Exactly retype the lines of the material from its first line to the line with "so many seconds.", including both.
*** Material for this task ***
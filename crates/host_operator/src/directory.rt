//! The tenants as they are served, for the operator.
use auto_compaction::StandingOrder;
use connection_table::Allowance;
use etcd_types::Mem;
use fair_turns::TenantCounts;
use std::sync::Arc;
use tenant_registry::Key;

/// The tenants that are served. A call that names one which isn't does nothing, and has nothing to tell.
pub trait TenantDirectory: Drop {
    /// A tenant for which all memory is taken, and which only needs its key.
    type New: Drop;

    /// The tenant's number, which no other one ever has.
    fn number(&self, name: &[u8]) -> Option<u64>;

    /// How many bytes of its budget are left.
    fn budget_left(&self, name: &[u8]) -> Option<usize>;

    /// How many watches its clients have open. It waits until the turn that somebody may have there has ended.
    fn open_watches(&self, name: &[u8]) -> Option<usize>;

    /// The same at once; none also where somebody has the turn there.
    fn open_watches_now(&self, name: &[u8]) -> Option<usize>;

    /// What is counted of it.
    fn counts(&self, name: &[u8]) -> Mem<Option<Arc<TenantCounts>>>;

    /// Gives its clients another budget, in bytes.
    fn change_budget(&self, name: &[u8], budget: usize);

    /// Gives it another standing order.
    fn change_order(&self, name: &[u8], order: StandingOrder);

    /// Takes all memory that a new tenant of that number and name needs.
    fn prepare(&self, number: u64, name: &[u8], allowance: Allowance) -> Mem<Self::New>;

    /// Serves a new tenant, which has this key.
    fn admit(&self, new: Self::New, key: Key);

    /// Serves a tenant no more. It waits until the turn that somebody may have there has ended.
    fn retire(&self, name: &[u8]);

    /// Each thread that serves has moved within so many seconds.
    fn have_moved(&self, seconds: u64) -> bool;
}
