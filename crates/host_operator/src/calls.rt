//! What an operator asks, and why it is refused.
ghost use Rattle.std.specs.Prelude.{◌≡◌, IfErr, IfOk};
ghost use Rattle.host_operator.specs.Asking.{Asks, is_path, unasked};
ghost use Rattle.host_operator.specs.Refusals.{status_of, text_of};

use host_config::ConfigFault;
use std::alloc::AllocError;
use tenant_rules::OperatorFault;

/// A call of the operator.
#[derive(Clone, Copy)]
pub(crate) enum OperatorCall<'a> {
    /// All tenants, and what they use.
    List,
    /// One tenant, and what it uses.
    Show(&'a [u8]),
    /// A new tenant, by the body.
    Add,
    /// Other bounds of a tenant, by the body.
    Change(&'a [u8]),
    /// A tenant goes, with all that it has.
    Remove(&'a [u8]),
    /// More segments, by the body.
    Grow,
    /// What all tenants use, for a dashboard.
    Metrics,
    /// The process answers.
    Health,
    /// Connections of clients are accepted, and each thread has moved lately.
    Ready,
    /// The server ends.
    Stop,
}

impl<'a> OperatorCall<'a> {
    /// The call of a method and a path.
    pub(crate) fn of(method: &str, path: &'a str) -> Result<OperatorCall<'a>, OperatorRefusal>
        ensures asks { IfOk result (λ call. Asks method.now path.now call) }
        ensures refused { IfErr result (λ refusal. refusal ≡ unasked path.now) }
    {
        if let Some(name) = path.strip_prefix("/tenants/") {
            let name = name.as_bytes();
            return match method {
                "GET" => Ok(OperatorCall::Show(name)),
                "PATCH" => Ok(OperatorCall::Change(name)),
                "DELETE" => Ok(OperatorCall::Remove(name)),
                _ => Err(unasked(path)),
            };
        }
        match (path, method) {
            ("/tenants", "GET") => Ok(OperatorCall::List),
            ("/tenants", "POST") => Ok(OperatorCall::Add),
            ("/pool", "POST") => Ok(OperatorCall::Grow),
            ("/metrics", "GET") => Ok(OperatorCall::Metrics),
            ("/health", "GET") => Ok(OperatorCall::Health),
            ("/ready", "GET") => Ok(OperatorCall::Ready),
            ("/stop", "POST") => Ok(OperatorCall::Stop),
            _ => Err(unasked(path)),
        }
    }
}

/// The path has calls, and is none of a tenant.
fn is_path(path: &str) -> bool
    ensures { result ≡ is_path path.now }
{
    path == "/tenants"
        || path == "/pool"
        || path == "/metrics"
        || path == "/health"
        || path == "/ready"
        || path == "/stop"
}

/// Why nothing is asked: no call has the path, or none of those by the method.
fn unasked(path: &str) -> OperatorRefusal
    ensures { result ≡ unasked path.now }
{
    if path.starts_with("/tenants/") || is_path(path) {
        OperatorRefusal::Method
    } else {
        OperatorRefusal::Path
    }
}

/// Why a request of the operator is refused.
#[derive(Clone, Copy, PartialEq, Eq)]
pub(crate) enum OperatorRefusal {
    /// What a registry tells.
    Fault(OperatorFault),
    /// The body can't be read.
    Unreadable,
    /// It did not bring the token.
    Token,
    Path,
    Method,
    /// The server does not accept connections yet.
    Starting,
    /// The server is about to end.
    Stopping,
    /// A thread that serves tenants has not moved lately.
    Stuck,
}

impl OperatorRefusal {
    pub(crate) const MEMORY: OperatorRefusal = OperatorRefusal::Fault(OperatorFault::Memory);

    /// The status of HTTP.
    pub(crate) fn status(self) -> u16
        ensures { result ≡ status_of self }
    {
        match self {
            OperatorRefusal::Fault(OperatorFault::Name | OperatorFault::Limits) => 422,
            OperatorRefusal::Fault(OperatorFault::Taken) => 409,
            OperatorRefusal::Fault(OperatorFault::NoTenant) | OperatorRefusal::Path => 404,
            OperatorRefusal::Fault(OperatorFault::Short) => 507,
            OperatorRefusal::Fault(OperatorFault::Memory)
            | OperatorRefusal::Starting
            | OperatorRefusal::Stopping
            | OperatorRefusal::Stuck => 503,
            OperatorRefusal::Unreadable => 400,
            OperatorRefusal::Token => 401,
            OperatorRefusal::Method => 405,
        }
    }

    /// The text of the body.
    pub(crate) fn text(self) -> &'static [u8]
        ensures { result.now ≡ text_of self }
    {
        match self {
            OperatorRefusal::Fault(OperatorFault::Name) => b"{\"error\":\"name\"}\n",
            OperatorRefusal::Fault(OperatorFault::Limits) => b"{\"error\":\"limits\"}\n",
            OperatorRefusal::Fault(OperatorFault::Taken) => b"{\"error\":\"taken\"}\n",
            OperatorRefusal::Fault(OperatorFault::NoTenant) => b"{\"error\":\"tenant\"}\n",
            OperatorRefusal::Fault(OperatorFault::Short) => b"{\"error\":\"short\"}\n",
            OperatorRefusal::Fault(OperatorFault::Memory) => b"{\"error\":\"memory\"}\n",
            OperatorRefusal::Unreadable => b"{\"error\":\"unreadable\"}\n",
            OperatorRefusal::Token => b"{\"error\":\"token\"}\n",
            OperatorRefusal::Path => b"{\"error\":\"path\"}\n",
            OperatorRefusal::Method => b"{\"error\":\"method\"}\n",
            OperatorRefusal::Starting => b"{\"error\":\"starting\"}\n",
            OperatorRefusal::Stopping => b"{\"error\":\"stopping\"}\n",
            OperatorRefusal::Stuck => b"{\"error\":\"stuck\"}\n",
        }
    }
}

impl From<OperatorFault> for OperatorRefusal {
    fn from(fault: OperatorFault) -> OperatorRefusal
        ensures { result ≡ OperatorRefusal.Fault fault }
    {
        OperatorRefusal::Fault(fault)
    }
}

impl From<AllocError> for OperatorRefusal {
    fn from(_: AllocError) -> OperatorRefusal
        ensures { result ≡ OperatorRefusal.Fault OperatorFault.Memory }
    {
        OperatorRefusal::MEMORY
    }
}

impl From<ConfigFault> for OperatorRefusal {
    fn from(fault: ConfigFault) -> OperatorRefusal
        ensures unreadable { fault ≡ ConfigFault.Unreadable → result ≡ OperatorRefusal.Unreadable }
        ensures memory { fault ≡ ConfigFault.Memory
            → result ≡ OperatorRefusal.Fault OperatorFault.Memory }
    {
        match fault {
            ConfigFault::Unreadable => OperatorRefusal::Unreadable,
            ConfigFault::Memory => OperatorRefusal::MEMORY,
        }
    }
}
***
§ **Finished exercise**
filename crates/host_operator/src/directory.rt
//! The tenants as they are served, for the operator.
use auto_compaction::StandingOrder;
use connection_table::Allowance;
use etcd_types::Mem;
use fair_turns::TenantCounts;
use std::sync::Arc;
use tenant_registry::Key;

/// The tenants that are served. A call that names one which isn't does nothing, and has nothing to tell.
pub trait TenantDirectory: Drop {
    /// A tenant for which all memory is taken, and which only needs its key.
    type New: Drop;

    /// The tenant's number, which no other one ever has.
    fn number(&self, name: &[u8]) -> Option<u64>;

    /// How many bytes of its budget are left.
    fn budget_left(&self, name: &[u8]) -> Option<usize>;

    /// How many watches its clients have open. It waits until the turn that somebody may have there has ended.
    fn open_watches(&self, name: &[u8]) -> Option<usize>;

    /// The same at once; none also where somebody has the turn there.
    fn open_watches_now(&self, name: &[u8]) -> Option<usize>;

    /// What is counted of it.
    fn counts(&self, name: &[u8]) -> Mem<Option<Arc<TenantCounts>>>;

    /// Gives its clients another budget, in bytes.
    fn change_budget(&self, name: &[u8], budget: usize);

    /// Gives it another standing order.
    fn change_order(&self, name: &[u8], order: StandingOrder);

    /// Takes all memory that a new tenant of that number and name needs.
    fn prepare(&self, number: u64, name: &[u8], allowance: Allowance) -> Mem<Self::New>;

    /// Serves a new tenant, which has this key.
    fn admit(&self, new: Self::New, key: Key);

    /// Serves a tenant no more. It waits until the turn that somebody may have there has ended.
    fn retire(&self, name: &[u8]);

    /// Each thread that serves has moved within so many seconds.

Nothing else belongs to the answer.